Avets are not top of the line, there an affordable middle of the road reel. There are other US made reels that rival shimano's durability and I'm not talking about the cheap shimano's, but the ones made in Japan.

There is also plenty of US made rods too, but the consensus here is to buy a cheap rod and reel and get 1-2 years of use out of them and buy another. I tend to pay more initially and have a rod and reel that will last me a lifetime. 

d-a


----------



## d-a (Jun 1, 2009)

Lead Poison said:


> I checked the ratings for this spinner and they are HIGHLY rated by the people who use them. I'am very impressed by the numerous comments about the Penn Sargus.
> 
> Keep the comments coming and thank you to everyone sharing their input.



I have one, and its in pieces(broke). Its the last Penn I will buy.

d-a


----------



## Inshore GA (Jun 1, 2009)

Ihave mostly shimano sahara and symetre and a couple of phulgers. Both brands seem to handle the salt. I am trying out a couple of okumas  and they seem like good smooth reels. No brand will last without proper cleaning. Rinse well with fresh water after use in salt water and oil and lube when needed. I still use a couple of 8yr old shimano solstace reels but I have maintained them well


----------



## Lead Poison (Jun 1, 2009)

Inshore GA said:


> Ihave mostly shimano sahara and symetre and a couple of phulgers. Both brands seem to handle the salt. I am trying out a couple of okumas  and they seem like good smooth reels. No brand will last without proper cleaning. Rinse well with fresh water after use in salt water and oil and lube when needed. I still use a couple of 8yr old shimano solstace reels but I have maintained them well



That sounds like perhaps the best advice of all...excellent point and duly noted!


----------



## jonkayak (Jun 1, 2009)

So far my "Old" (15 years) Diawas have done well as well as my Shimanos. Surprisingly my Okumas are showing no signs of wear, and my Pflugers have lasted less then a year. The Pflugger was a nice real and great rod but it does not like salt at all. I'll go with Shimano and Okuma from here on out.


----------



## XTREME HUNTER (Jun 1, 2009)

d-a said:


> Avets are not top of the line, there an affordable middle of the road reel. There are other US made reels that rival shimano's durability and I'm not talking about the cheap shimano's, but the ones made in Japan.
> 
> There is also plenty of US made rods too, but the consensus here is to buy a cheap rod and reel and get 1-2 years of use out of them and buy another. I tend to pay more initially and have a rod and reel that will last me a lifetime.
> 
> d-a



I have seen a couple of your setups and you do go first class, When we going fishing?


----------



## d-a (Jun 2, 2009)

XTREME HUNTER said:


> I have seen a couple of your setups and you do go first class, When we going fishing?

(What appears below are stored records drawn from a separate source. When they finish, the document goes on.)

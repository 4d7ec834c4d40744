//! Which fault of a message is its first, said without what the walk keeps.
#![tactic(auto)]

ghost use Rattle.std.specs.Prelude.{◌≡◌, ◌↔◌, ℕ, List, Some};
ghost use Rattle.bounds_claims.specs.Runs.{first_fault, opening};
ghost use Rattle.first_faults.specs.FirstFault.{IsFirstFault};
ghost use Rattle.mj_base.specs.declared.fault.Fault.{Fault};
ghost use Rattle.wire_model.specs.Marks.{Mark};

/// The fault that is told is that of the first mark that isn't settled behind those before it: of the
/// first of this mark's tests that fails. This is a law and does nothing.
pub fn first_fault_is_first()
    ensures { (ms : List Mark) (start end handle_count id_count : ℕ) (fault : Fault) →
        (first_fault (opening start end handle_count id_count) ms ≡ Some fault) ↔ IsFirstFault ms start end handle_count id_count fault }
{}
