//! Runs over devices that fail.
ghost use Rattle.std.specs.Prelude.{◌≤◌};

use crate::devices::serve;
use mst_pair::run::{RunFault, run};
use mst_pair::sink::{Sink, ToWrite};
use mst_pair::source::FromRead;
use std::io::Cursor;

const INPUT: &[u8] = b"put a x 1\nkeys a\n";

const OUTPUT: &[u8] = b"ok\nx 1\nend\n";

/// How many bytes of the output are written to the first `count` bytes of the input.
fn written_after(count: usize) -> usize
    ensures { result ≤ 11 }
{
    match count {
        0..=9 => 0,
        10..=16 => 3,
        _ => 11,
    }
}

#[test]
fn stops_where_the_source_fails(rt: HostRuntime) {
    for count in 0..INPUT.len() + 1 {
        let wanted = written_after(count);
        for piece in [1, 5, 100] {
            let (result, taken) = serve(rt.alloc(), &INPUT[..count], piece, true, 1024, false);
            assert!(rt; result == Err(RunFault::Read));
            assert!(rt;
                taken.as_slice() == &OUTPUT[..wanted],
                "after {count} bytes"
            );
        }
    }
}

#[test]
fn stops_where_the_sink_fails(rt: HostRuntime) {
    for room in 0..OUTPUT.len() {
        let (result, taken) = serve(rt.alloc(), INPUT, 100, false, room, false);
        assert!(rt; result == Err(RunFault::Write));
        assert!(rt;
            taken.as_slice() == &OUTPUT[..room],
            "with room for {room} bytes"
        );
    }
    let (result, taken) = serve(rt.alloc(), INPUT, 100, false, OUTPUT.len(), true);
    assert!(rt; result == Err(RunFault::Write), "at the flush");
    assert!(rt; taken.as_slice() == OUTPUT);
    let (result, _) = serve(rt.alloc(), INPUT, 100, false, OUTPUT.len(), false);
    assert!(rt; result == Ok(()));
}

#[test]
fn takes_a_write_of_no_byte_as_a_fault(rt: HostRuntime) {
    for room in 0..OUTPUT.len() {
        let mut output = [0; 16];
        let mut reader = FromRead::new(INPUT);
        let mut writer = ToWrite::new(Cursor::new(&mut output[..room]));
        assert!(rt; run(rt.alloc(), &mut reader, &mut writer) == Err(RunFault::Write));
        assert!(rt; writer.failed());
        assert!(rt; &output[..room] == &OUTPUT[..room]);
    }
}
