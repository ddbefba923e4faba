//! Which entries are later than what their keys have.
ghost use Rattle.std.specs.Prelude.{◌≡◌, ◌++◌, [], ◌∷◌, if◌then◌else◌, OnOk};
ghost use Rattle.key_order.specs.Text.{text_order};
ghost use Rattle.key_order.specs.Map.{get};
ghost use Rattle.store_file.specs.Logs.{Finds, IsClean, IsOpen, OnlyReads};
ghost use Rattle.store_file.specs.Registers.{is_later};
ghost use Rattle.merkle_store.specs.News.{AreNewsIn, IsNewsAt, later_entries};

use crate::rows::EntryReplica;
use sqlite_trees::store::Store;
use std::alloc::Global;
use store_file::latest::find;
use store_file::log::Log;
use store_file::rows::register_in;
use store_file::table::Entries;
use store_file::{Register, StoreFault};

/// Whether an entry is later than what its key has.
fn is_news(replica: &EntryReplica, entry: &(String, Register)) -> bool
    ensures { result ≡ is_later (get text_order replica.now.rows entry.now.0) entry.now.1 }
{
    match register_in(replica.rows(), &entry.0) {
        Some(own) => *own < entry.1,
        None => true,
    }
}

/// The entries that are later than what their keys have.
pub fn news_of(replica: &EntryReplica, entries: Entries) -> Entries
    ensures { result.items ≡ later_entries replica.now.rows entries.items }
{
    let mut news = entries;
    news.retain(
        |entry: &(String, Register)| -> bool
            ensures { result ≡ is_later (get text_order replica.entry.now.rows entry.now.0) entry.now.1 }
        { is_news(replica, entry) },
    );
    news
}

/// Whether an entry is later than what a log has for its key.
fn is_news_in<S: Store>(
    alloc: Global,
    log: &mut Log<S>,
    entry: &(String, Register),
) -> Result<bool, StoreFault>
    ensures later { Finds S.Store log.old log.new result (λ trees later. IsNewsAt trees entry.now later) }
    ensures reads { OnlyReads S.Store log.old log.new result }
    ensures was_open { IsClean S.Store log.new → IsOpen S.Store log.new → IsOpen S.Store log.old }
{
    match find(alloc, log, entry.0.as_str())? {
        Some(own) => Ok(own < entry.1),
        None => Ok(true),
    }
}

/// Adds an entry to the news where it is later.
fn add_if(news: &mut Entries, later: bool, entry: (String, Register)) -> Result<(), StoreFault>
    ensures added { OnOk result (news.new.items ≡ (if later then news.old.items ++ entry ∷ [] else news.old.items)) }
{
    if !later {
        return Ok(());
    }
    match news.push(entry) {
        Ok(()) => Ok(()),
        Err(_) => Err(StoreFault::Memory),
    }
}

/// The entries that are later than what a log has for their keys. It takes a look into the log for each entry.
///
/// ```rust crates/mst/src/sessions.rt
/// let news = news_in(rt.alloc(), log, came)?;
/// add_beside(rt.alloc(), log, hash_key, &news, keys)?;
/// ```
///
/// # Errors
///
/// [`StoreFault::Database`], [`StoreFault::Malformed`] and [`StoreFault::Memory`]. Nothing is written.
pub fn news_in<S: Store>(
    alloc: Global,
    log: &mut Log<S>,
    entries: Entries,
) -> Result<Entries, StoreFault>
    ensures news { Finds S.Store log.old log.new result (λ trees news. AreNewsIn trees entries.items news.items) }
    ensures reads { OnlyReads S.Store log.old log.new result }
    ensures was_open { IsClean S.Store log.new → IsOpen S.Store log.new → IsOpen S.Store log.old }
{
    let mut news = Vec::new(alloc);
    'entries: for entry in entries {
        let later = is_news_in(alloc, log, &entry)?;
        add_if(&mut news, later, entry)?;
    }
    Ok(news)
}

We need to, I'm stuck in the Keys for another 3 weeks catching phins and snappers. Watched a sailfish free jump this evening but wouldn't take anything i was offering.

d-a


----------



## alphachief (Jun 2, 2009)

I used a Quatam Cabo 30 on a 7'6" medium action GL last week on reds and snook.  Oh yeah, my son landed a 100 lb tarpon on one too!  I'll have my own by the end of the week...I loved the reel.


----------



## PaulD (Jun 3, 2009)

Penn was bought by the same company that owns Zebco over in China.
Penn sold to China
Hummer sold to China
.......

I have several Diawa Sols that I love. I think right now if you go with a Diawa Sol or Advantage, Quantum Cabo of Boca, a Shimano Stratic or a Abu Garcia Soron you'll be happy. There are more good reel on the market right now than ever before.


----------



## Wild Turkey (Jun 3, 2009)

Im sorry but I only use Shimano spinners. Have had them all and the Shimano's are too smooth and last longer than the others.
Penn reels are tough but not near as smooth as the shimano's


----------



## pop-gun elder (Jun 4, 2009)

I have always liked the Shimano's.  Really smooth.  Biggest thing is to wash them when you get home.


----------



## grim (Jun 4, 2009)

I love the shimano baitcasters, the curado in particular, for trout and reds.  The calcutta 200b is also a very nice rig. 

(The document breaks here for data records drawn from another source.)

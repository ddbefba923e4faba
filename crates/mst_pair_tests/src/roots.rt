//! Root hashes of many rows, against tables from outside.

use mst_pair::run::run;
use mst_pair::sink::ToWrite;
use mst_pair::source::FromRead;
use std::alloc::Global;
use std::fmt::Write;
use std::test::Fail;

/// Numbers of rows, and their root hash in format 1, which is that of the Rust crate merkle-search-tree 0.8.0: the keys are the texts
/// k0000, k0001 and so on, and each has the square of its number.
const ROOTS: [(u64, &str); 15] = [
    (0, "UEnXR4Cj4H1CAqtH1M7y9A=="),
    (1, "yHnxQb2UAvJQMlq9TWK/Cw=="),
    (2, "UcQ5h58fM5IX92I63UOgsg=="),
    (3, "pLZyCR/wNV0QBAMaJty16w=="),
    (5, "zAihizUd5O/Nd/cyN+jwGw=="),
    (10, "HVI1Mk1vJf+tDE1tYEwpJg=="),
    (16, "aI4QytrOks1BxM2/es04iA=="),
    (17, "boyKS+QoEkBW4fSMhdqTXQ=="),
    (50, "bmkSJ1ODSkrpVzq2osfpLA=="),
    (100, "+R+izyBIErciCldqlvg9XA=="),
    (256, "rDUqEnfVpt1fJvmN1DHrZw=="),
    (257, "cscU0iiFxD7TH8M0gdN/Dg=="),
    (500, "4PdVJBx9NcNCRN9bUI9aAA=="),
    (1000, "FuxO+wPeHVvuPBPmhAUZFg=="),
    (2000, "dANiWnICsGau1PiWojttvA=="),
];

/// The same in format 2, by a second program.
const ROOTS_OF_FORMAT_2: [(u64, &str); 5] = [
    (0, "9/FwCJ+cWkM577LEunsrHQ=="),
    (1, "KIFCoxJAxub0v94KVeZbYQ=="),
    (17, "ieBcg6uxMsPZXRhC8HJXvw=="),
    (100, "iswy42fCOg4qStLKIFV8KQ=="),
    (1000, "AOKYcKgCzGnwzaasl2I7fg=="),
];

/// What is written to a line that sets the format, to this many puts, and to a line that asks for the root hash.
fn root_of_rows(alloc: Global, format: u8, count: u64) -> Result<Vec<u8>, Fail> {
    let mut input = format!(in alloc; "format {format}\n")?;
    for number in (0..count).rev() {
        writeln!(input, "put a k{number:04} {}", number.wrapping_mul(number))?;
    }
    input.push_str("root a\n")?;
    let mut output = Vec::new(alloc);
    let mut reader = FromRead::new(input.as_bytes());
    let mut writer = ToWrite::new(&mut output);
    match run(alloc, &mut reader, &mut writer) {
        Ok(()) => Ok(output),
        Err(_) => Err(Fail::from("a fault")),
    }
}

/// Whether the last line that is written is this root hash.
fn shows_root(alloc: Global, format: u8, count: u64, root: &str) -> Result<bool, Fail> {
    let output = root_of_rows(alloc, format, count)?;
    let end = output.len().saturating_sub(1);
    let start = end.saturating_sub(root.len());
    Ok(&output[start..end] == root.as_bytes())
}

#[test]
fn shows_the_root_hashes_of_the_tables(rt: HostRuntime) -> Result<(), Fail> {
    for (count, root) in ROOTS {
        assert!(rt; shows_root(rt.alloc(), 1, count, root)?, "{count} rows");
    }
    for (count, root) in ROOTS_OF_FORMAT_2 {
        assert!(rt;
            shows_root(rt.alloc(), 2, count, root)?,
            "{count} rows in format 2"
        );
    }
    Ok(())
}
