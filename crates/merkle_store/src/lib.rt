//! The rows of a store's file as a replica in memory, by which copies of the file sync over any pair of streams.
#![tactic(auto)]

pub mod counting;
pub mod fetch_fault;
pub mod fetching;
pub mod framing;
pub mod laws;
pub mod news;
pub mod pausing;
pub mod reopening;
pub mod rows;
pub mod serving;
pub mod session_fault;
pub mod traffic;
pub mod wire;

For spinning, the spheros is a true saltwater workhorse for a very reasonable price.  I have had very bad luck with the stradics.  Everyone loves them, but I have had 3, and they have all had issues.  The spheros' cost less and are much more durable.  When it comes down to it, the stradic is a freshwater reel, the spheros is a saltwater reel.  I also have a shimano sustain, that had been great.

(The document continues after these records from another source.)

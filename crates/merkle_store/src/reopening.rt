//! A log whose file is closed and opened again.
ghost use Rattle.std.specs.Prelude.{IfSome};
ghost use Rattle.merkle_store.specs.Kept.{Reopens};

use sqlite_disk::Disk;
use sqlite_store::FileStore;
use sqlite_trees::store::Store as Trees;
use std::alloc::Global;
use store_file::log::Log;

/// The log, once its file is closed and opened again by `close_files` and `open_trusted` of `store_file`, as `mst` does from one command to the next:
/// its tables have the rows that they had. There is none where the file can't be closed or opened, or memory runs out.
pub fn reopen<D: Disk + Drop>(alloc: Global, log: Log<FileStore<D>>) -> Option<Log<FileStore<D>>>
    ensures { IfSome result (Reopens ⟦<FileStore<D> as Trees>⟧ log) }
{
    match store_file::reopen(alloc, log.into_trees()) {
        Ok(trees) => Some(Log::over(trees)),
        Err(_) => None,
    }
}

Penn spinning reels, much like shimano, cover the entire range from exceptional to garbage.  You get what you pay for.  Their captivas are junk, some of their more expensive stuff is very nice and reliable.


----------



## germag (Jun 4, 2009)

grim said:


> I love the shimano baitcasters, the curado in particular, for trout and reds.  The calcutta 200b is also a very nice rig.
> 
> For spinning, the spheros is a true saltwater workhorse for a very reasonable price.  I have had very bad luck with the stradics.  Everyone loves them, but I have had 3, and they have all had issues.  The spheros' cost less and are much more durable.  When it comes down to it, the stradic is a freshwater reel, the spheros is a saltwater reel.  I also have a shimano sustain, that had been great.
> 
> Penn spinning reels, much like shimano, cover the entire range from exceptional to garbage.  You get what you pay for.  Their captivas are junk, some of their more expensive stuff is very nice and reliable.



Grim,

What kind of problems did you encounter with the Stradics? Was is the Stradic FI or the FH or earlier models?


----------



## grim (Jun 5, 2009)

germag said:


> Grim,
> 
> What kind of problems did you encounter with the Stradics? Was is the Stradic FI or the FH or earlier models?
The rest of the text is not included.